Material to process>
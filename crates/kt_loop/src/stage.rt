//! A stage: what a tool over a stream does at the header, at each record and at the end.
//! The rules: docs/STREAMS.md, "Tools over streams".
ghost use Rattle.std.specs.Prelude.{◌≡◌, ℕ, List, Option, None, Some, OnOk};
ghost use Rattle.kt_out.specs.InputFiles.{InputsState};
ghost use Rattle.kt_stream.specs.Header.{IsHead};
ghost use Rattle.kt_stream.specs.Reader.{IsPlaced};
ghost use Rattle.kt_stream.specs.declared.kind.Head.{Head};
ghost use Rattle.kt_stream.specs.declared.kind.Shape.{Shape};
ghost use Rattle.kt_ends.specs.declared.status.Refusal.{Refusal};
ghost use Rattle.kt_loop.specs.Calculation.{Calculation};
ghost use Rattle.kt_loop.specs.Counts.{Consults};
ghost use Rattle.kt_loop.specs.Steps.{StepsBy, EndsWith};

use kt_ends::ToolStop;
use kt_money::Bytes;
use kt_stream::{Entry, Head, Placed};

/// A stage over streams of these records. `W` is what it asks beside the stream: the input files, or `()` where it asks
/// nothing.
pub trait Stage<E: Entry, W> {
    /// What the stage remembers between two steps, and what it was made with.
    ghost State: { Type 0 };

    /// What it calculates.
    ghost calculation: { Calculation Head E State Refusal };

    /// It stands at this state. Where files are asked that are not known it may stand at none.
    ghost is_at: { State → Self → W → Type 0 };

    /// It is ready for a header, or for the records behind this one, with what it asks beside.
    ghost is_ready: { Option Head → Self → W → Type 0 };

    /// The shape of the streams that it stands on. No step changes it.
    ghost shape: { Self → Shape };

    /// The input files beside a call: those that it asks, or others, which it leaves as they are.
    ghost inputs: { InputsState → W → InputsState };

    /// Appends what is written at the header.
    fn open(&mut self, beside: &mut W, head: Head, out: &mut Bytes) -> Result<(), ToolStop>
        requires header { IsHead (shape self.old).kind head }
        requires ready { is_ready None self.old beside.old }

        ensures step { (state : State) → is_at state self.old beside.old → StepsBy (calculation.opens head state) (λ next. is_at next self.new beside.new) out.old out.new result }
        ensures ready { OnOk result (is_ready (Some head) self.new beside.new) }
        ensures shape { shape self.new ≡ shape self.old }
        ensures counted { (others : InputsState) → Consults (inputs others beside.old) (inputs others beside.new) result };

    /// Appends what is written at a record.
    fn take(
        &mut self,
        beside: &mut W,
        head: Head,
        placed: &Placed<E>,
        out: &mut Bytes,
    ) -> Result<(), ToolStop>
        requires header { IsHead (shape self.old).kind head }
        requires good { IsPlaced E E.form E.IsGood (shape self.old) head placed.now }
        requires ready { is_ready (Some head) self.old beside.old }

        ensures step { (state : State) → is_at state self.old beside.old → StepsBy (calculation.takes head state placed.now) (λ next. is_at next self.new beside.new) out.old out.new result }
        ensures ready { OnOk result (is_ready (Some head) self.new beside.new) }
        ensures shape { shape self.new ≡ shape self.old }
        ensures counted { (others : InputsState) → Consults (inputs others beside.old) (inputs others beside.new) result };

    /// Appends what is written at the end of the stream.
    fn end(&mut self, beside: &mut W, head: Head, out: &mut Bytes) -> Result<(), ToolStop>
        requires header { IsHead (shape self.old).kind head }
        requires ready { is_ready (Some head) self.old beside.old }

        ensures end { (state : State) → is_at state self.old beside.old → EndsWith (calculation.ends head state) out.old out.new result }
        ensures counted { (others : InputsState) → Consults (inputs others beside.old) (inputs others beside.new) result };
}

How to complete this task>
Provide an exact transcription of every entry above.

Output>
filename crates/kt_loop/src/stage.rt
//! A stage: what a tool over a stream does at the header, at each record and at the end.
//! The rules: docs/STREAMS.md, "Tools over streams".
ghost use Rattle.std.specs.Prelude.{◌≡◌, ℕ, List, Option, None, Some, OnOk};
ghost use Rattle.kt_out.specs.InputFiles.{InputsState};
ghost use Rattle.kt_stream.specs.Header.{IsHead};
ghost use Rattle.kt_stream.specs.Reader.{IsPlaced};
ghost use Rattle.kt_stream.specs.declared.kind.Head.{Head};
ghost use Rattle.kt_stream.specs.declared.kind.Shape.{Shape};
ghost use Rattle.kt_ends.specs.declared.status.Refusal.{Refusal};
ghost use Rattle.kt_loop.specs.Calculation.{Calculation};
ghost use Rattle.kt_loop.specs.Counts.{Consults};
ghost use Rattle.kt_loop.specs.Steps.{StepsBy, EndsWith};

use kt_ends::ToolStop;
use kt_money::Bytes;
use kt_stream::{Entry, Head, Placed};

/// A stage over streams of these records. `W` is what it asks beside the stream: the input files, or `()` where it asks
/// nothing.
pub trait Stage<E: Entry, W> {
    /// What the stage remembers between two steps, and what it was made with.
    ghost State: { Type 0 };

    /// What it calculates.
    ghost calculation: { Calculation Head E State Refusal };

    /// It stands at this state. Where files are asked that are not known it may stand at none.
    ghost is_at: { State → Self → W → Type 0 };

    /// It is ready for a header, or for the records behind this one, with what it asks beside.
    ghost is_ready: { Option Head → Self → W → Type 0 };

    /// The shape of the streams that it stands on. No step changes it.
    ghost shape: { Self → Shape };

    /// The input files beside a call: those that it asks, or others, which it leaves as they are.
    ghost inputs: { InputsState → W → InputsState };

    /// Appends what is written at the header.
    fn open(&mut self, beside: &mut W, head: Head, out: &mut Bytes) -> Result<(), ToolStop>
        requires header { IsHead (shape self.old).kind head }
        requires ready { is_ready None self.old beside.old }

        ensures step { (state : State) → is_at state self.old beside.old → StepsBy (calculation.opens head state) (λ next. is_at next self.new beside.new) out.old out.new result }
        ensures ready { OnOk result (is_ready (Some head) self.new beside.new) }
        ensures shape { shape self.new ≡ shape self.old }
        ensures counted { (others : InputsState) → Consults (inputs others beside.old) (inputs others beside.new) result };

    /// Appends what is written at a record.
    fn take(
        &mut self,
        beside: &mut W,
        head: Head,
        placed: &Placed<E>,
        out: &mut Bytes,
    ) -> Result<(), ToolStop>
        requires header { IsHead (shape self.old).kind head }
        requires good { IsPlaced E E.form E.IsGood (shape self.old) head placed.now }
        requires ready { is_ready (Some head) self.old beside.old }

        ensures step { (state : State) → is_at state self.old beside.old → StepsBy (calculation.takes head state placed.now) (λ next. is_at next self.new beside.new) out.old out.new result }
        ensures ready { OnOk result (is_ready (Some head) self.new beside.new) }
        ensures shape { shape self.new ≡ shape self.old }
        ensures counted { (others : InputsState) → Consults (inputs others beside.old) (inputs others beside.new) result };

    /// Appends what is written at the end of the stream.
    fn end(&mut self, beside: &mut W, head: Head, out: &mut Bytes) -> Result<(), ToolStop>
        requires header { IsHead (shape self.old).kind head }
        requires ready { is_ready (Some head) self.old beside.old }

        ensures end { (state : State) → is_at state self.old beside.old → EndsWith (calculation.ends head state) out.old out.new result }
        ensures counted { (others : InputsState) → Consults (inputs others beside.old) (inputs others beside.new) result };
}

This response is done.